Begin at the line below that has "let span = token.start" and stop after the line that has "or its fault.". Please restate only those lines, word for word.

*** THE RECORDS ***

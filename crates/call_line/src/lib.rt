// The request lines.
#![tactic(auto)]

ghost use Rattle.std.specs.Prelude.{◌≡◌};
ghost use Rattle.call_line.specs.Lines.{lined, lined_at};

use channel::Channel;
use port::Which;
use refusal::Refusal;
use step::{Controller, Done};

// An inactive-to-active change is stored in every mode, masked or not.
#[tactic(auto, unfolding(crate::specs::Lines::lined))]
fn with_level(active: bool, mut c: Channel) -> Channel
    ensures { result ≡ lined active c }
{
    let change = c.line.change | (active & !c.line.active);
    c.line.change = change;
    c.line.active = active;
    c
}

#[tactic(auto, unfolding(crate::specs::Lines::lined_at))]
pub fn line(number: u32, active: bool, u: Controller) -> Done<Result<(), Refusal>>
    ensures { result ≡ lined_at number active u }
{
    match Which::try_from(number) {
        Ok(w) => Done {
            state: u.with_channel(w, with_level(active, u.channel(w))),
            answer: Ok(()),
        },
        Err(r) => Done {
            state: u,
            answer: Err(r),
        },
    }
}
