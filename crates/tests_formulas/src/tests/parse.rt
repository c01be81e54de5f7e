//! Texts that are read as formulas, by their canonical texts, and those that are refused.
use gl_ast::print;
use gl_parse::parse;
use std::alloc::Global;
use std::test::Fail;
use tests_common::{each_is_read, formula_word, push_times};

/// The canonical text of a formula, or why there is none, in a word.
fn read(alloc: Global, text: &str) -> Result<String, Fail> {
    match parse(alloc, text) {
        Ok(f) => Ok(print(alloc, &f)?),
        Err(fault) => Ok(formula_word(&fault).to_string(alloc)?),
    }
}

#[test]
fn constants_and_references(rt: HostRuntime) -> Result<(), Fail> {
    each_is_read(
        rt.alloc(),
        read,
        &[
            (" 1 + ( 2*3 )", "1+2*3"),
            ("(1+2)+3", "(1+2)+3"),
            ("1+(2+3)", "1+(2+3)"),
            ("007", "7"),
            ("9223372036854775807", "9223372036854775807"),
            ("\"a\\x41\\t\"", "\"aA\\t\""),
            (" TRUE ", "TRUE"),
            ("FALSE", "FALSE"),
            ("AZ3", "AZ3"),
            ("A1 #", "A1#"),
            ("A1 : B3", "A1:B3"),
            ("A1:J1000", "A1:J1000"),
            ("((A1))", "A1"),
            ("- -1", "--1"),
            ("-(1+2)", "-(1+2)"),
            ("(-1)*2", "-1*2"),
            ("-(1*2)", "-(1*2)"),
        ],
    )
}

#[test]
fn operators(rt: HostRuntime) -> Result<(), Fail> {
    each_is_read(
        rt.alloc(),
        read,
        &[
            ("1-(-2)", "1--2"),
            ("1-2-3", "1-2-3"),
            ("1-(2-3)", "1-(2-3)"),
            ("1*2/3*4", "1*2/3*4"),
            ("(1/2)/3", "(1/2)/3"),
            ("1+2*3-4", "1+2*3-4"),
            ("(1+2)*3", "(1+2)*3"),
            ("1&2+3&(4&5)", "1&2+3&(4&5)"),
            ("1=2", "1=2"),
            ("1<>2", "1<>2"),
            ("1<2", "1<2"),
            ("1<=2", "1<=2"),
            ("1>2", "1>2"),
            ("1>=2", "1>=2"),
            ("(1=2)=3", "(1=2)=3"),
            ("1&2=3&4", "1&2=3&4"),
            ("1--------(-2)*3", "1--------(-2)*3"),
        ],
    )
}

#[test]
fn functions_of_elements(rt: HostRuntime) -> Result<(), Fail> {
    each_is_read(
        rt.alloc(),
        read,
        &[
            ("SUM( 1 , 2 )", "SUM(1,2)"),
            ("COUNT(A1:B2,1,NA())", "COUNT(A1:B2,1,NA())"),
            ("MIN(1)", "MIN(1)"),
            ("MAX((1),2)", "MAX(1,2)"),
            ("AND(TRUE,FALSE)", "AND(TRUE,FALSE)"),
            ("OR(TRUE)", "OR(TRUE)"),
            ("NOT(1=2)", "NOT(1=2)"),
            ("IF(A1,1,2)", "IF(A1,1,2)"),
            ("IFERROR(1/0,5)", "IFERROR(1/0,5)"),
            ("ISERROR(A1#)", "ISERROR(A1#)"),
            ("ISBLANK(A1)", "ISBLANK(A1)"),
            ("ABS(-1)", "ABS(-1)"),
            ("MOD(7,-2)", "MOD(7,-2)"),
            ("LEN(\"a\")", "LEN(\"a\")"),
            ("LEFT(\"ab\",1)", "LEFT(\"ab\",1)"),
            ("RIGHT(\"ab\",1)", "RIGHT(\"ab\",1)"),
            ("ROWS(A1:A3)", "ROWS(A1:A3)"),
            ("COLUMNS(A1:C1)", "COLUMNS(A1:C1)"),
        ],
    )
}

#[test]
fn functions_of_arrays(rt: HostRuntime) -> Result<(), Fail> {
    each_is_read(
        rt.alloc(),
        read,
        &[
            ("INDEX(A1:C3,1,2)", "INDEX(A1:C3,1,2)"),
            ("SEQUENCE(2,3)", "SEQUENCE(2,3)"),
            ("TRANSPOSE(A1:C1)", "TRANSPOSE(A1:C1)"),
            ("TAKE(A1:C3,2,-1)", "TAKE(A1:C3,2,-1)"),
            ("DROP(A1:C3,1,0)", "DROP(A1:C3,1,0)"),
            ("HSTACK(1,2)", "HSTACK(1,2)"),
            ("VSTACK(1,2,3)", "VSTACK(1,2,3)"),
            ("FILTER(A1:A3,B1:B3)", "FILTER(A1:A3,B1:B3)"),
            ("UNIQUE(A1:A3)", "UNIQUE(A1:A3)"),
            ("LOOKUP(1,A1:A3,B1:B3)", "LOOKUP(1,A1:A3,B1:B3)"),
        ],
    )
}

#[test]
fn functions_of_sheets_and_variables(rt: HostRuntime) -> Result<(), Fail> {
    each_is_read(
        rt.alloc(),
        read,
        &[
            ("NA ( )", "NA()"),
            ("SHEET(A1)", "SHEET(A1)"),
            ("SHEET((A1:B2))", "SHEET(A1:B2)"),
            ("UPDATE(SHEET(A1:B2),(A1),1)", "UPDATE(SHEET(A1:B2),A1,1)"),
            ("VIEW(1,A1:B2)", "VIEW(1,A1:B2)"),
            ("G(A1:B1)", "G(A1:B1)"),
            ("G(A1,B1,1,C1,2)", "G(A1,B1,1,C1,2)"),
            ("THIS()", "THIS()"),
            ("LET(x,1,x+x)", "LET(x,1,x+x)"),
            ("LET((x),1,x)", "LET(x,1,x)"),
            ("LET(x,3,LET(x,x+1,x*x))", "LET(x,3,LET(x,x+1,x*x))"),
        ],
    )
}

#[test]
fn tokens_that_are_refused(rt: HostRuntime) -> Result<(), Fail> {
    each_is_read(
        rt.alloc(),
        read,
        &[
            ("$A1", "token"),
            ("A0", "token"),
            ("TRUE1", "token"),
            ("9223372036854775808", "number"),
            ("\"a", "text"),
            ("\"\\q\"", "text"),
            ("---------1", "deep"),
            ("---------", "deep"),
            ("---------$", "token"),
        ],
    )
}

#[test]
fn syntax_that_is_refused(rt: HostRuntime) -> Result<(), Fail> {
    each_is_read(
        rt.alloc(),
        read,
        &[
            ("", "syntax"),
            ("1 2", "syntax"),
            ("1+", "syntax"),
            ("1=2=3", "syntax"),
            ("(A1)#", "syntax"),
            ("(A1):B2", "syntax"),
            ("TRUE(1)", "syntax"),
            ("sum(1)", "syntax"),
            ("SUM", "syntax"),
            ("a1", "syntax"),
            ("A1B2", "syntax"),
            ("SUM(1,)", "syntax"),
            ("B1:A1+", "syntax"),
        ],
    )
}

#[test]
fn ranges_and_names_that_are_refused(rt: HostRuntime) -> Result<(), Fail> {
    each_is_read(
        rt.alloc(),
        read,
        &[
            ("SUM(A1:ZZ9999)", "range"),
            ("B1:A1", "range"),
            ("A2:A1", "range"),
            ("A1:J1001", "range"),
            ("x+B1:A1", "range"),
            ("FOO(1)", "name"),
            ("x", "name"),
            ("LET(x,x,1)", "name"),
            ("LET(x,1)", "name"),
            ("LET(x,1,x)+x", "name"),
            ("ABS(x,1)", "name"),
        ],
    )
}

#[test]
fn arguments_that_are_refused(rt: HostRuntime) -> Result<(), Fail> {
    each_is_read(
        rt.alloc(),
        read,
        &[
            ("LET(A1,1,2)", "arity"),
            ("ABS(1,2)", "arity"),
            ("AND()", "arity"),
            ("NA(1)", "arity"),
            ("SHEET(1+2)", "arity"),
            ("SHEET(A1#)", "arity"),
            ("UPDATE(1,A1:A2,1)", "arity"),
            ("VIEW(1,2)", "arity"),
            ("G(A1:B1,A1)", "arity"),
            ("G(A1:B1,1,A1)", "arity"),
            ("HSTACK(1)", "arity"),
        ],
    )
}

/// What is read of a text with so many of two pieces around its middle.
fn read_within(
    alloc: Global,
    before: &str,
    count: u32,
    middle: &str,
    after: &str,
) -> Result<String, Fail> {
    let mut text = String::new(alloc);
    push_times(&mut text, before, count)?;
    text.push_str(middle)?;
    push_times(&mut text, after, count)?;
    read(alloc, text.as_str())
}

/// Two pieces so many times around a middle, and what is read of the text.
const LIMITS: &[(&str, u32, &str, &str, &str)] = &[
    ("(", 64, "1", ")", "1"),
    ("(", 65, "1", ")", "deep"),
    (")", 1, "", "(", "syntax"),
    ("(", 4096, "", ")", "deep"),
    ("(", 8192, "", "", "deep"),
    ("-", 8, "1", "", "--------1"),
    ("-", 9, "1", "", "deep"),
    (" ", 8191, "1", "", "1"),
    (" ", 8192, "1", "", "long"),
    ("$", 8193, "", "", "long"),
];

#[test]
fn limits(rt: HostRuntime) -> Result<(), Fail> {
    for (before, count, middle, after, want) in LIMITS {
        let found = read_within(rt.alloc(), before, *count, middle, after)?;
        assert!(rt; found.as_str() == *want, "{count} {before}");
    }
    Ok(())
}

/// What is read of a text with so many of a piece between its beginning and its end.
fn read_between(
    alloc: Global,
    start: &str,
    piece: &str,
    count: u32,
    end: &str,
) -> Result<String, Fail> {
    let mut text = start.to_string(alloc)?;
    push_times(&mut text, piece, count)?;
    text.push_str(end)?;
    read(alloc, text.as_str())
}

/// A piece so many times between a beginning and an end, and what is read of the text.
const PIECES: &[(&str, &str, u32, &str, &str)] = &[
    (")", "(", 64, "", "syntax"),
    (")", "(", 65, "", "deep"),
    (
        "SUM(1",
        ",1",
        15,
        ")",
        "SUM(1,1,1,1,1,1,1,1,1,1,1,1,1,1,1,1)",
    ),
    ("SUM(1", ",1", 16, ")", "arity"),
];

#[test]
fn limits_of_pieces(rt: HostRuntime) -> Result<(), Fail> {
    for (start, piece, count, end, want) in PIECES {
        let found = read_between(rt.alloc(), start, piece, *count, end)?;
        assert!(rt; found.as_str() == *want, "{start} and {count} {piece}");
    }
    Ok(())
}
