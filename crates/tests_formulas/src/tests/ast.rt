//! The canonical texts of formulas, and equal formulas.
use gl_ast::{Formula, Fun, Level, Op, print, same_formula};
use std::alloc::Global;
use std::rc::RcStr;
use std::test::Fail;
use tests_common::{address, range};

/// A chain of two operands.
fn two(alloc: Global, level: Level, f: Formula, op: Op, g: Formula) -> Result<Formula, Fail> {
    let mut rest = Vec::new(alloc);
    rest.push((op, g))?;
    Ok(Formula::Chain(level, Box::new(alloc, f)?, rest))
}

/// Eight `-` in a row, and one in parentheses.
fn minuses(alloc: Global) -> Result<Formula, Fail> {
    let mut f = Formula::Int(2);
    for _ in 0..8u32 {
        f = Formula::Neg(Box::new(alloc, f)?);
    }
    let product = two(alloc, Level::Prod, f, Op::Mul, Formula::Int(3))?;
    two(alloc, Level::Sum, Formula::Int(1), Op::Sub, product)
}

/// A text with escapes, and the forms that take no memory.
fn atoms(alloc: Global) -> Result<Formula, Fail> {
    let text = RcStr::from_str(alloc, "a\\\"\n\r\t\u{1}\u{7f}\u{20ac}")?;
    let mut all = Vec::new(alloc);
    all.push(Formula::Text(text))?;
    all.push(Formula::Bool(false))?;
    all.push(Formula::At(address("AA10")?))?;
    all.push(Formula::Spill(address("Z1")?))?;
    all.push(Formula::Area(range("AA10:ZZ9999")?))?;
    Ok(Formula::Call(Fun::VStack, all))
}

/// A variable bound to a number, and a comparison.
fn binding(alloc: Global) -> Result<Formula, Fail> {
    let x = RcStr::from_str(alloc, "x")?;
    let joined = two(
        alloc,
        Level::Cat,
        Formula::Var(x.clone()?),
        Op::Join,
        Formula::Int(2),
    )?;
    let less = Formula::Compare(
        Op::Le,
        Box::new(alloc, joined)?,
        Box::new(alloc, Formula::Int(3))?,
    );
    Ok(Formula::Let(x, Box::new(alloc, Formula::Int(5))?, Box::new(alloc, less)?))
}

/// A sum of three numbers, the first two in parentheses.
fn grouped(alloc: Global) -> Result<Formula, Fail> {
    let first = two(alloc, Level::Sum, Formula::Int(1), Op::Add, Formula::Int(2))?;
    two(alloc, Level::Sum, first, Op::Add, Formula::Int(3))
}

/// The formula has this canonical text.
fn is_printed(alloc: Global, f: Formula, want: &str) -> Result<bool, Fail> {
    Ok(print(alloc, &f)?.as_str() == want)
}

/// The formula is the same as eight `-` in a row.
fn is_minuses(alloc: Global, f: Formula) -> Result<bool, Fail> {
    Ok(same_formula(&f, &minuses(alloc)?))
}

#[test]
fn canonical_texts(rt: HostRuntime) -> Result<(), Fail> {
    let alloc = rt.alloc();
    assert!(rt; is_printed(alloc, minuses(alloc)?, "1--------(-2)*3")?);
    let atoms_text = "VSTACK(\"a\\\\\\\"\\n\\r\\t\\x01\\x7F\u{20ac}\",FALSE,AA10,Z1#,AA10:ZZ9999)";
    assert!(rt; is_printed(alloc, atoms(alloc)?, atoms_text)?);
    assert!(rt; is_printed(alloc, grouped(alloc)?, "(1+2)+3")?);
    assert!(rt; is_printed(alloc, binding(alloc)?, "LET(x,5,x&2<=3)")?);
    Ok(())
}

#[test]
fn equal_formulas(rt: HostRuntime) -> Result<(), Fail> {
    let alloc = rt.alloc();
    assert!(rt; is_minuses(alloc, minuses(alloc)?)?);
    assert!(rt; !is_minuses(alloc, binding(alloc)?)?);
    Ok(())
}
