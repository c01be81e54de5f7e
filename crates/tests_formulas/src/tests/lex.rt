//! Texts as tokens, and texts that are one literal.
use gl_lex::{Kind, LexFault, MAX_FORMULA, Sign, Token, literal, tokens};
use std::alloc::Global;
use std::test::Fail;
use tests_common::{each_is_read, push_times};

/// A letter for each kind of token; signs as they are written.
fn letter(kind: &Kind) -> &'static str {
    match kind {
        Kind::Integer(_) => "i",
        Kind::Text(_) => "t",
        Kind::Address(_) => "a",
        Kind::Truth(true) => "y",
        Kind::Truth(false) => "n",
        Kind::Word => "w",
        Kind::Variable => "v",
        Kind::Sign(sign) => sign_text(*sign),
    }
}

fn sign_text(sign: Sign) -> &'static str {
    match sign {
        Sign::Eq => "=",
        Sign::Ne => "<>",
        Sign::Lt => "<",
        Sign::Le => "<=",
        Sign::Gt => ">",
        Sign::Ge => ">=",
        Sign::Join => "&",
        Sign::Plus => "+",
        Sign::Minus => "-",
        Sign::Times => "*",
        Sign::Over => "/",
        Sign::Hash => "#",
        Sign::LeftParen => "(",
        Sign::RightParen => ")",
        Sign::Comma => ",",
        Sign::Colon => ":",
    }
}

fn fault_text(alloc: Global, fault: LexFault) -> Result<String, Fail> {
    match fault {
        LexFault::Token { at } => Ok(format!(in alloc; "token {at}")?),
        LexFault::Number { at } => Ok(format!(in alloc; "number {at}")?),
        LexFault::Text { at } => Ok(format!(in alloc; "text {at}")?),
        LexFault::NoMemory => Err(Fail::new("no memory")),
    }
}

/// The kinds of the tokens, with the letters of words and variables.
fn kinds(alloc: Global, text: &str, found: &[Token]) -> Result<String, Fail> {
    let mut out = String::new(alloc);
    for token in found {
        let name = letter(&token.kind);
        out.push_str(name)?;
        if name == "w" || name == "v" {
            let span = token.start as usize..token.end as usize;
            out.push_str(text.get(span).unwrap_or("?"))?;
        }
        out.push_str(" ")?;
    }
    Ok(out)
}

/// The kinds of a text's tokens, or its fault.
fn read(alloc: Global, text: &str) -> Result<String, Fail> {
    if text.len() > MAX_FORMULA {
        return Err(Fail::new("too long"));
    }
    match tokens(alloc, text) {
        Err(fault) => fault_text(alloc, fault),
        Ok(found) => kinds(alloc, text, &found),
    }
}

#[test]
fn kinds_of_tokens(rt: HostRuntime) -> Result<(), Fail> {
    each_is_read(
        rt.alloc(),
        read,
        &[
            ("", ""),
            ("   ", ""),
            (" 1 + ( 2*3 )", "i + ( i * i ) "),
            ("12 3", "i i "),
            ("007", "i "),
            ("9223372036854775807", "i "),
            ("A1", "a "),
            ("ZZ9999#", "a # "),
        ],
    )
}

#[test]
fn kinds_of_signs_and_texts(rt: HostRuntime) -> Result<(), Fail> {
    each_is_read(
        rt.alloc(),
        read,
        &[
            ("A1:B2", "a : a "),
            ("1+A1B2", "i + a a "),
            ("SUM(a,b1)", "wSUM ( va , vb i ) "),
            ("abcABC", "vabc wABC "),
            ("TRUE FALSE TRUEx", "y n y vx "),
            ("TRUTH", "wTRUTH "),
            ("<>=<=>=><", "<> = <= >= > < "),
            ("\"a\\\\b\\\"\\n\\r\\t\\x7F\\x0a\"", "t "),
            ("\"\u{20ac}\"&\"\"", "t & t "),
        ],
    )
}

#[test]
fn texts_without_tokens(rt: HostRuntime) -> Result<(), Fail> {
    each_is_read(
        rt.alloc(),
        read,
        &[
            ("9223372036854775808", "number 0"),
            ("1+00000000000000000000009223372036854775808", "number 2"),
            ("A0", "token 0"),
            ("A01", "token 0"),
            ("AAA1", "token 0"),
            ("A10000", "token 0"),
            ("$A1", "token 0"),
            ("A$1", "token 1"),
            ("TRUE1", "token 0"),
            ("\"a", "text 0"),
            ("1 \"\\q\"", "text 2"),
            ("\"\\x80\"", "text 0"),
            ("\"\\x7g\"", "text 0"),
            ("\"a\tb\"", "text 0"),
            ("\"a\"\"", "text 3"),
            ("1+\u{20ac}", "token 2"),
            ("1 ? 2", "token 2"),
        ],
    )
}

#[test]
fn long_formulas(rt: HostRuntime) -> Result<(), Fail> {
    let mut long = String::new(rt.alloc());
    push_times(&mut long, "1+", 4096)?;
    assert_eq!(rt; read(rt.alloc(), &long)?.len(), 4 * 4096);
    Ok(())
}

/// What is read of a literal with so many letters, and a quote behind it.
fn read_quoted(alloc: Global, count: u32, behind: &str) -> Result<String, Fail> {
    let mut quoted = String::new(alloc);
    quoted.push_str("\"")?;
    push_times(&mut quoted, "a", count)?;
    quoted.push_str("\"")?;
    quoted.push_str(behind)?;
    read(alloc, &quoted)
}

#[test]
fn long_texts(rt: HostRuntime) -> Result<(), Fail> {
    assert_eq!(rt; read_quoted(rt.alloc(), 4096, "")?.as_str(), "t ");
    assert_eq!(rt; read_quoted(rt.alloc(), 4096, "a\"")?.as_str(), "text 4099");
    Ok(())
}

/// The text of a literal is this one.
fn is_literal(alloc: Global, text: &str, want: &str) -> bool {
    match literal(alloc, text) {
        Ok(found) => &*found == want,
        Err(_) => false,
    }
}

/// The text is refused at its beginning.
fn is_no_literal(alloc: Global, text: &str) -> bool {
    match literal(alloc, text) {
        Ok(_) => false,
        Err(fault) => matches!(fault, LexFault::Text { at: 0 }),
    }
}

/// Literals, and their texts.
const LITERALS: &[(&str, &str)] = &[
    ("\"\"", ""),
    ("\"a\\x41\\n\"", "aA\n"),
    ("\"\u{1f600}\\\"\"", "\u{1f600}\""),
];

const NO_LITERALS: &[&str] = &[
    "",
    "a",
    "\"a",
    "\"a\" ",
    "\"a\"b",
    " \"a\"",
    "\"\\q\"",
    "\"a\"\"b\"",
];

#[test]
fn literals(rt: HostRuntime) -> Result<(), Fail> {
    for (text, want) in LITERALS {
        assert!(rt; is_literal(rt.alloc(), text, want), "{text}");
    }
    for text in NO_LITERALS {
        assert!(rt; is_no_literal(rt.alloc(), text), "{text}");
    }
    Ok(())
}
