// What stays of the log, and which messages go again.
ghost use Rattle.std.specs.Prelude.{◌≡◌, ◌≤◌, not, length, filter, vec_capacity, slice_index};
ghost use Rattle.law.specs.Restarts.{undone, receipt_left, unreceived, log_back, to_go_again, again as go_again};
ghost use Rattle.law.specs.Trials.{received_from, log_from};

use crate::entry;
use arrayvec::ArrayVec;
use book::STAYS;
use law::Logged;

// A message stays if it is undelivered, or its receipt number is not below its receiver's bound.
fn is_needed(logged: &Logged, bounds: &[u32; 8]) -> bool
    ensures { result ≡ received_from (slice_index bounds.now logged.now.message.to) logged.now.receipt }
{
    logged
        .receipt
        .is_none_or(|receipt| entry(bounds, logged.message.to) <= receipt)
}

// The log without the messages that no later fault can need.
pub fn log_from(log: &mut Vec<Logged>, bounds: &[u32; 8])
    ensures items { log.new.items ≡ log_from bounds.now log.old.items }
    ensures capacity { vec_capacity log.new ≡ vec_capacity log.old }
{
    log.retain(|logged| is_needed(logged, bounds));
}

// A message whose sending is not undone stays.
fn drop_undone(log: &mut Vec<Logged>, places: &[u32; 8])
    ensures items { log.new.items ≡ filter (λ m. not (undone places.now m)) log.old.items }
    ensures capacity { vec_capacity log.new ≡ vec_capacity log.old }
{
    log.retain(|logged| logged.message.number < entry(places, logged.message.from));
}

// The log after clusters went back: undone messages are gone, and receipts at or above the receiver's place are cleared.
pub fn log_back(log: &mut Vec<Logged>, places: &[u32; 8])
    ensures items { log.new.items ≡ log_back places.now log.old.items }
    ensures capacity { vec_capacity log.new ≡ vec_capacity log.old }
{
    drop_undone(log, places);
    for logged in log.iter_mut() {
        *logged = unreceive(*logged, places);
    }
}

// A message as it stands after its receiver went back.
fn unreceive(logged: Logged, places: &[u32; 8]) -> Logged
    ensures { result ≡ unreceived places.now logged }
{
    Logged {
        receipt: receipt_left(logged.receipt, entry(places, logged.message.to)),
        ..logged
    }
}

// A receipt number given at or above the receiver's place is cleared.
fn receipt_left(receipt: Option<u32>, place: u32) -> Option<u32>
    ensures { result ≡ receipt_left place receipt }
{
    receipt.filter(|number| *number < place)
}

// Whether a message goes again: it is undelivered, and its receiver was called back.
fn goes_again(logged: &Logged, places: &[u32; 8]) -> bool
    ensures { result ≡ to_go_again places.now logged.now }
{
    entry(places, logged.message.to) != STAYS && logged.receipt.is_none()
}

// The ids of the messages that go again, ascending.
pub fn again(log: &[Logged], places: &[u32; 8]) -> ArrayVec<u32, 128>
    requires { length log.now ≤ 128 }
    ensures { result.items ≡ go_again places.now log.now }
{
    // not extend: it can fail where a vector is full, which this one never is
    let mut ids = ArrayVec::new();
    for logged in log {
        if goes_again(logged, places) {
            ids.push(logged.message.id);
        }
    }
    ids
}
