// What leaves the book, the log and the store when clusters go back to their places, and when what no later fault can need
// is collected.
#![tactic(auto)]

ghost use Rattle.std.specs.Prelude.{◌≡◌, true, vec_len, slice_index};
ghost use Rattle.law.specs.Restarts.{back_to};
ghost use Rattle.law.specs.Trials.{from_bounds};
ghost use Rattle.book.specs.View.{view};

use book::Book;
use store::Store;

mod cut;
mod log;

pub use book::STAYS;
pub use log::{again, log_back, log_from};

// Where clusters go back to: the place of each.
#[derive(Clone, Copy)]
struct Back {
    places: [u32; 8],
}

// What a collect leaves: from the bound of each cluster on.
#[derive(Clone, Copy)]
struct Collect {
    bounds: [u32; 8],
}

// The entry of a cluster, or 0 where there is none.
fn entry(row: &[u32; 8], cluster: u8) -> u32
    ensures { result ≡ slice_index row.now cluster }
{
    row.get(usize::from(cluster)).copied().unwrap_or(0)
}

// Every cluster back at its place: later checkpoints are gone from the book and the store, and the row is as it was there.
pub fn back_to<S: Store>(book: &mut Book, store: &mut S, places: [u32; 8])
    ensures { view book.new (S.Store.model store.new) ≡ back_to places (vec_len book.old.clusters) (view book.old (S.Store.model store.old)) }
{
    cut::prune(book, store, &Back { places });
}

// Every cluster without its checkpoints below its bound, in the book and in the store.
pub fn from_bounds<S: Store>(book: &mut Book, store: &mut S, bounds: [u32; 8])
    ensures { view book.new (S.Store.model store.new) ≡ from_bounds bounds (vec_len book.old.clusters) (view book.old (S.Store.model store.old)) }
{
    cut::prune(book, store, &Collect { bounds });
}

*** End of THE RECORDS ***

**SOLUTION**
            let span = token.start as usize..token.end as usize;
            out.push_str(text.get(span).unwrap_or("?"))?;
        }
        out.push_str(" ")?;
    }
    Ok(out)
}

/// The kinds of a text's tokens, or its fault.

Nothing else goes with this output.